REPUBLIKA.CO.ID, JAKARTA -- Kondisi alam dan cuaca memiliki pengaruh. Termasuk dalam bidang pertanian. Ranah ini menjadi perhatian umat Islam. Silih berganti ilmuwan Muslim mendedikasikan dirinya dalam menyuguhkan pemikirannya. Pada akhirnya, mereka mampu menguasai ilmu yang terkait cuaca atau meteorologi ini.
Mereka menerapkannya dalam tataran praktis, di antaranya dalam menentukan masa tanam dan panen. Sejarah mencatat, melalui penguasaan ilmu pertanian dan meteorologi, umat Islam mampu menghadirkan revolusi pertanian. Produksi pangan di berbagai wilayah seperti Baghdad, Mesir, Damaskus hingga Andalusia berlimpah.
Persentuhan dengan studi meteorologi bermula pada abad ke-9 Masehi. Dalam prosesnya, ilmuwan Muslim mendapatkan pengaruh dari pemikiran ilmuwan Yunani melalui karya mereka. Aristoteles telah membuat risalah ilmiah tentang ilmu ini pada 350 SM.

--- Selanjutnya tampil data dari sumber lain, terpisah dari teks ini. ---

// The bench program: a table of 32 blocks, a command a line on standard input, and its answer on standard output.
#![tactic(auto)]

ghost use Rattle.std.specs.Prelude.{◌≡◌, ◌≤◌, length, IfSome};

use std::io::Read;

// Carries out a line and writes its text; a write that fails is passed over. An output of 5,952 bytes and a text of 17,408 hold the 496 spots that the table can have.
fn obey(rt: &impl Print, table: &mut [u8], scratch: &mut [u8], line: &[u8]) {
    let mut output = [0u8; 5952];
    let mut read_map = [0u8; 512];
    let mut out = [0u8; 17408];
    let end = commands::obey(table, scratch, &mut output, &mut read_map, line, &mut out);
    let _ = rt.write_all(&out[0..end]);
}

// One more byte of input. No command has over 64 bytes, so that of a longer line the first 64 tell as much.
fn take_byte(
    rt: &impl Print,
    table: &mut [u8],
    scratch: &mut [u8],
    line: &mut [u8],
    used: usize,
    b: u8,
) -> usize
    requires { (used ≤ 64) × (length line.old ≡ 64) }
    ensures { result ≤ 64 }
{
    if b == b'\n' {
        obey(rt, table, scratch, &line[..used]);
        return 0;
    }
    if used < 64 {
        line[used] = b;
        return used + 1;
    }
    used
}

fn take_bytes(
    rt: &impl Print,
    table: &mut [u8],
    scratch: &mut [u8],
    line: &mut [u8],
    begun: usize,
    bytes: &[u8],
) -> usize
    requires { (begun ≤ 64) × (length line.old ≡ 64) }
    ensures { result ≤ 64 }
{
    let mut used = begun;
    for &b in bytes {
        used = take_byte(rt, table, scratch, line, used, b);
    }
    used
}

// Reads once; the length of the line begun, if there was more to read. A read that fails ends the input.
fn take_some(
    rt: &(impl Input + Print),
    table: &mut [u8],
    scratch: &mut [u8],
    line: &mut [u8],
    used: usize,
) -> Option<usize>
    requires { (used ≤ 64) × (length line.old ≡ 64) }
    ensures { IfSome result (λ n. n ≤ 64) }
{
    let mut buffer = [0u8; 4096];
    let n = rt.reader().read(&mut buffer).unwrap_or(0);
    if n == 0 {
        return None;
    }
    Some(take_bytes(rt, table, scratch, line, used, &buffer[..n]))
}

// All of the input. Nothing says that it ends, so the reads are counted, up to a number that none uses up. The last line may have no line end.
fn take_all(rt: &(impl Input + Print), table: &mut [u8], scratch: &mut [u8]) {
    let mut line = [0u8; 64];
    let mut used = 0;
    for _ in 0..u64::MAX {
        let Some(begun) = take_some(rt, table, scratch, &mut line, used) else {
            break;
        };
        used = begun;
    }
    if used > 0 {
        obey(rt, table, scratch, &line[..used]);
    }
}

fn main(rt: HostRuntime) {
    let mut table = [0u8; 65536];
    let mut scratch = [0u8; 65536];
    let _ = table::format(&mut table);
    take_all(&rt, &mut table, &mut scratch);
}
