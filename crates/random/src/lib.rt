// Random numbers for the programs that play long histories: a congruential generator of 32 bits, so that each run draws the same.
#![tactic(auto)]

ghost use Rattle.std.specs.Prelude.{◌≡◌, ◌+◌, ◌*◌, ◌/◌, ◌%◌, ◌<◌};

// The random number after s.
pub fn next(s: u64) -> u64
    ensures bound { result < 4294967296 }
    ensures value { result ≡ (1664525 * (s % 4294967296) + 1013904223) % 4294967296 }
{
    (1664525 * (s % 4294967296) + 1013904223) % 4294967296
}

// A number below n, of the upper bits, which are the more random ones.
pub fn below(seed: u64, n: u64) -> u64
    requires { 0 < n }
    ensures bound { result < n }
    ensures value { result ≡ seed / 65536 % n }
{
    seed / 65536 % n
}
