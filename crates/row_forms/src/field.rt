//! The fields of a row, and how their values are written.
ghost use Rattle.std.specs.Prelude.{◌≡◌};
ghost use Rattle.row_forms.specs.Numbers.{bytes_of, most_of};
ghost use Rattle.row_forms.specs.Values.{reason_of, reason_of_number, width};

use crate::fault::Reason;

/// A field of a row, in the order in which the bytes stand.
#[derive(Clone, Copy, Debug)]
pub enum Field {
    /// A word `KEY=VALUE`.
    Value(&'static str, Kind),
    /// So many zero bytes, and no word.
    Zeros(usize),
    /// The CRC of all bytes behind it as two bytes, and no word.
    Check,
}

/// What a value is, in words and in bytes.
#[derive(Clone, Copy, Debug)]
pub enum Kind {
    /// A number, the most significant byte first.
    Number(Width, Spelling),
    /// A name of 1 to 19 letters, digits and underscores, as 20 bytes.
    Name,
    /// All bytes that are left, in pairs of hexadecimal digits.
    Block,
    /// The expression of an actionpoint: how many steps it has, and 16 steps of two bytes, of which those that it hasn't are zero.
    /// A list such as `w1,w2,and`, whose texts these choices give.
    Expression(&'static [Choice]),
}

/// How large a number is: 1, 2 or 4 bytes.
#[derive(Clone, Copy, Debug, PartialEq, Eq)]
pub enum Width {
    U8,
    U16,
    U32,
}

/// How a number is shown. Where a number is read, decimal digits and `0x` with hexadecimal digits are both well.
#[derive(Clone, Copy, Debug)]
pub enum Spelling {
    /// In decimal digits.
    Decimal,
    /// As `0x` and all hexadecimal digits of the width.
    Hex,
    /// As the word of the number, where it has one, and else in decimal digits.
    Choice(&'static [Choice]),
    /// As the numbers of the bits that are 1, the lowest bit being 1, such as `1,3`; as `none` where there is none.
    Mask,
    /// As seconds in decimal digits. `+H:MM:SS` is read too, as a time behind an epoch.
    Time,
}

/// A number and the word for it.
#[derive(Clone, Copy, Debug)]
pub struct Choice {
    pub text: &'static str,
    pub number: u32,
}

impl Width {
    /// How many bytes a number has.
    pub(crate) fn bytes(self) -> usize
        ensures { result ≡ bytes_of self }
    {
        match self {
            Width::U8 => 1,
            Width::U16 => 2,
            Width::U32 => 4,
        }
    }

    /// The largest number.
    pub(crate) fn most(self) -> u32
        ensures { result ≡ most_of self }
    {
        match self {
            Width::U8 => 255,
            Width::U16 => 65_535,
            Width::U32 => 4_294_967_295,
        }
    }
}

impl Kind {
    /// How many of these bytes are the value's.
    pub(crate) fn width(&self, bytes: &[u8]) -> usize
        ensures { result ≡ width self.now bytes.now }
    {
        match self {
            Kind::Number(number, _) => number.bytes(),
            Kind::Name => 20,
            Kind::Block => bytes.len(),
            Kind::Expression(_) => 34,
        }
    }

    /// Why a text says no value.
    pub(crate) fn reason(&self) -> Reason
        ensures { result ≡ reason_of self.now }
    {
        match self {
            Kind::Number(width, spelling) => number_reason(*width, spelling),
            Kind::Name => Reason::Name,
            Kind::Block => Reason::Block,
            Kind::Expression(_) => Reason::Expression,
        }
    }
}

fn number_reason(width: Width, spelling: &Spelling) -> Reason
    ensures { result ≡ reason_of_number width spelling.now }
{
    match spelling {
        Spelling::Decimal | Spelling::Hex => match width {
            Width::U8 => Reason::Number8,
            Width::U16 => Reason::Number16,
            Width::U32 => Reason::Number32,
        },
        Spelling::Choice(_) => Reason::Choice,
        Spelling::Mask => Reason::Mask,
        Spelling::Time => Reason::Time,
    }
}
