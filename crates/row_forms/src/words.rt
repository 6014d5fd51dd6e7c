//! The words of a line, and what a word says.
ghost use Rattle.std.specs.Prelude.{◌≡◌, ◌≤◌, ◌<◌, ◌+◌, ◌*◌, ◌^◌, ◌==◌, ◌∷◌, [], Some, None, length, not, MatchOption, IfSome, IsTrue, codes, nat_eq};
ghost use Rattle.std.specs.List.{position, position_or_len, starts_with};
ghost use Rattle.std.specs.Char.{digit_value};
ghost use Rattle.row_forms.specs.Words.{words, digits, any_number, number, name_said};

use packet_forms::Name;

/// The place of the first byte that is no space.
fn first_other(bytes: &[u8]) -> Option<usize>
    ensures { result ≡ position (λ b. not (b == 32)) bytes.now }
{
    bytes.iter().position(|b| !(*b == b' '))
}

/// The place of the first space.
fn first_space(bytes: &[u8]) -> Option<usize>
    ensures { result ≡ position (λ b. b == 32) bytes.now }
{
    bytes.iter().position(|b| *b == b' ')
}

/// How many bytes come before the first space.
fn word_len(bytes: &[u8]) -> usize
    ensures value { result ≡ position_or_len (λ b. b == 32) bytes.now }
    ensures bound { result ≤ length bytes.now }
{
    match first_space(bytes) {
        Some(len) => len,
        None => bytes.len(),
    }
}

/// The first word, and what comes behind it.
pub fn split_word(line: &[u8]) -> Option<(&[u8], &[u8])>
    ensures words { MatchOption result (words line.now ≡ []) (λ parts. words line.now ≡ parts.0.now
        ∷ words parts.1.now) }
    ensures size { IfSome result (λ parts. length parts.0.now + length parts.1.now
        ≤ length line.now) }
    ensures filled { IfSome result (λ parts. 0 < length parts.0.now) }
    ensures alone { IfSome result (λ parts. words parts.0.now ≡ parts.0.now ∷ []) }
{
    match first_other(line) {
        Some(start) => {
            let (_, rest) = line.split_at(start);
            Some(rest.split_at(word_len(rest)))
        }
        None => None,
    }
}

/// The value of each byte as a digit: from 0 for `0` to 35 for `Z` and `z`, and 36 where it is no digit and no letter.
static DIGITS: [u8; 256] = [
    36, 36, 36, 36, 36, 36, 36, 36, 36, 36, 36, 36, 36, 36, 36, 36, 36, 36, 36, 36, 36, 36, 36, 36,
    36, 36, 36, 36, 36, 36, 36, 36, 36, 36, 36, 36, 36, 36, 36, 36, 36, 36, 36, 36, 36, 36, 36, 36,
    0, 1, 2, 3, 4, 5, 6, 7, 8, 9, 36, 36, 36, 36, 36, 36, 36, 10, 11, 12, 13, 14, 15, 16, 17, 18,
    19, 20, 21, 22, 23, 24, 25, 26, 27, 28, 29, 30, 31, 32, 33, 34, 35, 36, 36, 36, 36, 36, 36, 10,
    11, 12, 13, 14, 15, 16, 17, 18, 19, 20, 21, 22, 23, 24, 25, 26, 27, 28, 29, 30, 31, 32, 33, 34,
    35, 36, 36, 36, 36, 36, 36, 36, 36, 36, 36, 36, 36, 36, 36, 36, 36, 36, 36, 36, 36, 36, 36, 36,
    36, 36, 36, 36, 36, 36, 36, 36, 36, 36, 36, 36, 36, 36, 36, 36, 36, 36, 36, 36, 36, 36, 36, 36,
    36, 36, 36, 36, 36, 36, 36, 36, 36, 36, 36, 36, 36, 36, 36, 36, 36, 36, 36, 36, 36, 36, 36, 36,
    36, 36, 36, 36, 36, 36, 36, 36, 36, 36, 36, 36, 36, 36, 36, 36, 36, 36, 36, 36, 36, 36, 36, 36,
    36, 36, 36, 36, 36, 36, 36, 36, 36, 36, 36, 36, 36, 36, 36, 36, 36, 36, 36, 36, 36, 36, 36, 36,
    36, 36, 36, 36, 36, 36, 36, 36, 36, 36, 36, 36, 36, 36,
];

/// The value of a digit or a letter, from 0 for `0` to 35 for `Z` and `z`, and 36 for any other byte.
pub(crate) fn digit(byte: u8) -> u8
    ensures value { result ≡ digit_value byte }
    ensures bound { result ≤ 36 }
{
    DIGITS[byte as usize]
}

/// The number that 1 to `room` digits write in a base of at most 16; none where a byte is no digit, or
/// where there are none or too many. `room` is at most 10.
#[tactic(auto, unfolding(crate::specs::Words::digits))]
pub(crate) fn digits(base: u8, room: usize, word: &[u8]) -> Option<u64>
    requires base { base ≤ 16 }
    requires room { room ≤ 10 }
    ensures value { result ≡ digits base room word.now }
    ensures bound { IfSome result (λ n. n < 16 ^ 10) }
{
    if word.is_empty() || word.len() > room {
        return None;
    }
    let mut value: u64 = 0;
    for byte in word {
        let digit = digit(*byte);
        if digit >= base {
            return None;
        }
        value = value * u64::from(base) + u64::from(digit);
    }
    Some(value)
}

fn is_hex_number(word: &[u8]) -> bool
    ensures value { result ≡ starts_with nat_eq word.now (codes "0x") }
    ensures long { IsTrue result → 2 ≤ length word.now }
{
    word.starts_with(b"0x")
}

fn any_number(word: &[u8]) -> Option<u64>
    ensures { result ≡ any_number word.now }
{
    if is_hex_number(word) {
        return digits(16, 8, &word[2..]);
    }
    digits(10, 10, word)
}

/// The number that a word writes, where it is at most `most`: 1 to 10 decimal digits, or `0x` and 1 to 8 hexadecimal digits.
#[tactic(auto, unfolding(crate::specs::Words::number))]
pub fn number(most: u32, word: &[u8]) -> Option<u32>
    ensures value { result ≡ number most word.now }
    ensures bound { IfSome result (λ n. n ≤ most) }
{
    let number = any_number(word)?;
    if number <= u64::from(most) {
        return Some(number as u32);
    }
    None
}

/// The name that a word writes.
#[tactic(auto, unfolding(crate::specs::Words::name_said))]
pub(crate) fn name(word: &[u8]) -> Option<Name>
    ensures { result ≡ name_said word.now }
{
    match str::from_utf8(word) {
        Ok(text) => Name::from_text(text),
        Err(_) => None,
    }
}
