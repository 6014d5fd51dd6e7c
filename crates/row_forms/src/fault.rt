//! Why a line is no row.

use std::alloc::AllocError;
use thiserror::Error;

/// What is wrong with a word, or what is wanted in its place.
#[derive(Clone, Copy, Debug, PartialEq, Eq, Error)]
pub enum Reason {
    /// The line ends before the word.
    #[error("a word is missing")]
    Missing,
    /// The row's fields end before the word.
    #[error("there is a word too many")]
    Extra,
    /// The word doesn't begin with the field's key and `=`.
    #[error("another key is wanted")]
    Key,
    #[error("the value is no number from 0 to 255")]
    Number8,
    #[error("the value is no number from 0 to 65535")]
    Number16,
    #[error("the value is no number from 0 to 4294967295")]
    Number32,
    #[error("the value is neither one of the field's words nor a number that fits it")]
    Choice,
    #[error("the value is neither `none` nor a list of rising numbers of bits")]
    Mask,
    #[error("the value is neither a number of seconds nor +H:MM:SS behind an epoch")]
    Time,
    #[error("the value is no name of 1 to 19 letters, digits and underscores")]
    Name,
    #[error("the value isn't made of pairs of hexadecimal digits")]
    Block,
    #[error("the value is no list of 1 to 16 steps of an expression")]
    Expression,
}

/// The first fault of a line: which word, counted from 1, and why.
#[derive(Clone, Copy, Debug, PartialEq, Eq, Error)]
#[error("word {word}: {reason}")]
pub struct RowFault {
    pub word: usize,
    pub reason: Reason,
}

/// Why a line wasn't read.
#[derive(Clone, Copy, Debug, PartialEq, Eq, Error)]
pub enum ReadError {
    #[error("out of memory")]
    Memory(AllocError),
    #[error("{0}")]
    Row(RowFault),
}

/// Why a word wasn't read.
#[derive(Clone, Copy, Debug, PartialEq, Eq)]
pub(crate) enum Refusal {
    Memory(AllocError),
    Because(Reason),
}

Sang filsuf yang dianggap sebagai peletak tonggak meteorologi itu menjelaskan secara perinci tentang siklus hidrologi dan cuaca. Ilmuwan Yunani lain yakni Theophrastus, mengenalkan studi peramalan cuaca pada karya bertajuk Kitab Tanda. Buku ini tetap mendominasi sebagai rujukan ilmiah selama lebih dari 2.000 tahun.